# Data extracts:
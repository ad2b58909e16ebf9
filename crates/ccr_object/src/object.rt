//! The object of a place, which locks can keep.

ghost use Rattle.std.specs.Prelude.{◌≡◌, IfOk, OnErr, IsOk, true};
ghost use Rattle.ccr_claim.specs.Asks.{is_settling};
ghost use Rattle.ccr_object.specs.Events.{has_event};
ghost use Rattle.ccr_object.specs.Objects.{answer, after, answered, noted, after_at, after_deed, is_due, placed, reply_of, note_of, IsGiven};

use crate::deed::{Deed, PlaceAnswer};
use crate::events::has_event;
use crate::numbers::Numbers;
use ccr_arbiter::ArbiterObject;
use ccr_await::SiteObject;
use ccr_base::OutOfMemory;
use ccr_claim::{Ask, Reply};
use ccr_interleave::InterleaveObject;
use ccr_places::Note;
use ccr_port::PortObject;
use ccr_queue::{Meter, QueueObject};
use ccr_turns::Kept;
use std::alloc::Global;
use std::snapshot::Snapshot;
use std::sync::Arc;

mod arbiter;
mod interleave;
mod meter;
mod noting;
mod port;
mod queue;
mod site;

/// What stands at a place.
#[derive(Drop)]
pub enum Object {
    Port(PortObject),
    Arbiter(ArbiterObject),
    Interleave(InterleaveObject),
    Site(SiteObject),
    Queue(QueueObject),
    Meter(Meter),
}

/// The object of a place, with the allocator that copies for its notes come from, and the numbers that its asks may name.
/// It is boxed, since each turn moves it out of its lock and back.
#[derive(Drop)]
pub struct PlaceObject {
    pub alloc: Global,
    pub numbers: Arc<Numbers>,
    pub object: Box<Object>,
}

/// What contracts see of it. No value of it is made.
#[derive(Drop)]
pub struct Placed {
    pub numbers: Numbers,
    pub object: Object,
}

impl PlaceObject {
    /// Tests the condition of the ask, and does what it asks. Where the condition isn't met, or the ask isn't one for this
    /// kind of place, the object stays as it was, and so it does where memory runs out. A reply is one that the ask may have.
    #[inline(always)]
    pub fn answer(&mut self, ask: Ask) -> Result<(PlaceAnswer, Deed), OutOfMemory>
        ensures reply { IfOk result (λ given. given.0 ≡ reply_of (placed self.old) ask) }
        ensures fits { IfOk result (λ given. is_due ask given.0 ≡ true) }
        ensures note { IfOk result (λ given. given.1.note ≡ note_of (placed self.old) ask) }
        ensures ask { IfOk result (λ given. given.1.ask.value ≡ ask) }
        ensures state { IfOk result (λ given. placed self.new ≡ after_at (placed self.old) ask) }
        ensures refused { OnErr result (placed self.new ≡ placed self.old) }
        ensures settles { is_settling ask ≡ true → IsOk result }
    {
        let asked = Snapshot::of(&ask);
        let given = if self.numbers.knows(&ask) {
            act(self.alloc, &mut *self.object, ask)?
        } else {
            None
        };
        Ok(told(given, asked))
    }
}

impl Kept for PlaceObject {
    type Ask = Ask;

    type Reply = PlaceAnswer;

    type Note = Deed;

    type Value = Placed;

    ghost value = { placed };

    ghost may = { IsGiven };

    ghost after = { after_deed };

    ghost seen = { has_event };

    #[inline(always)]
    fn is_seen(deed: &Deed) -> bool {
        has_event(deed)
    }

    fn act(&mut self, ask: Ask) -> Result<(PlaceAnswer, Deed), OutOfMemory> {
        self.answer(ask)
    }
}

/// What the object answers: a reply with its note, or none where the condition isn't met.
#[inline(always)]
fn act(alloc: Global, object: &mut Object, ask: Ask) -> Result<Option<(Reply, Note)>, OutOfMemory>
    ensures answer { IfOk result (λ given. given ≡ answer object.old ask) }
    ensures fits { IfOk result (λ given. is_due ask (answered given) ≡ true) }
    ensures state { IfOk result (λ given. object.new ≡ after object.old ask) }
    ensures err { OnErr result (object.new ≡ object.old) }
    ensures settles { is_settling ask ≡ true → IsOk result }
{
    match object {
        Object::Port(port) => port::act(alloc, port, ask),
        Object::Arbiter(arbiter) => arbiter::act(alloc, arbiter, ask),
        Object::Interleave(place) => interleave::act(alloc, place, ask),
        Object::Site(site) => site::act(alloc, site, ask),
        Object::Queue(queue) => queue::act(queue, ask),
        Object::Meter(meter) => Ok(meter::act(meter, ask)),
    }
}

/// The answer, and the entry that bears the ask.
#[inline(always)]
fn told(given: Option<(Reply, Note)>, ask: Snapshot<Ask>) -> (PlaceAnswer, Deed)
    ensures reply { result.0 ≡ answered given }
    ensures deed { result.1 ≡ record { note = noted given; ask = ask } }
{
    match given {
        Some((reply, note)) => (
            PlaceAnswer::Replied(reply),
            Deed {
                note: Some(note),
                ask,
            },
        ),
        None => (PlaceAnswer::Unmet, Deed { note: None, ask }),
    }
}
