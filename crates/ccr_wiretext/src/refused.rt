//! Why no wiring was read.

ghost use Rattle.std.specs.Prelude.{◌≡◌};
ghost use Rattle.ccr_wiretext.specs.Answers.{refused};

use ccr_text::{Code, Stop};
use thiserror::Error;

/// The first line that offends, and its code (docs/FORMATS.md), or running out of memory.
#[derive(Clone, Copy, Debug, PartialEq, Eq, Error)]
pub enum ReadRefused {
    #[error("line {line} is refused with code {code}")]
    At { line: u32, code: u8 },
    #[error("no memory was left")]
    Memory,
}

impl ReadRefused {
    /// What is answered where reading stops at this line.
    pub fn of(line: u32, stop: Stop<Code>) -> Self
        ensures { result ≡ refused line stop }
    {
        match stop {
            Stop::Memory => ReadRefused::Memory,
            Stop::Refused(code) => ReadRefused::At {
                line,
                code: code.number(),
            },
        }
    }
}
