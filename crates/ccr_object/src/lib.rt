//! The object of a place: it tests the condition of an ask, and what it does follows from its value and the ask.
#![tactic(auto)]

mod deed;
mod events;
mod laws;
mod making;
mod numbers;
mod object;
mod starting;

pub use deed::{Deed, PlaceAnswer};
pub use laws::places_name_what_they_know;
pub use making::place_objects;
pub use numbers::Numbers;
pub use object::{Object, PlaceObject, Placed};
pub use starting::places_of;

# Problem statement:
What is needed is the number of lines in these entries that include the word "asked"; please give it alone.

# Task answer:
2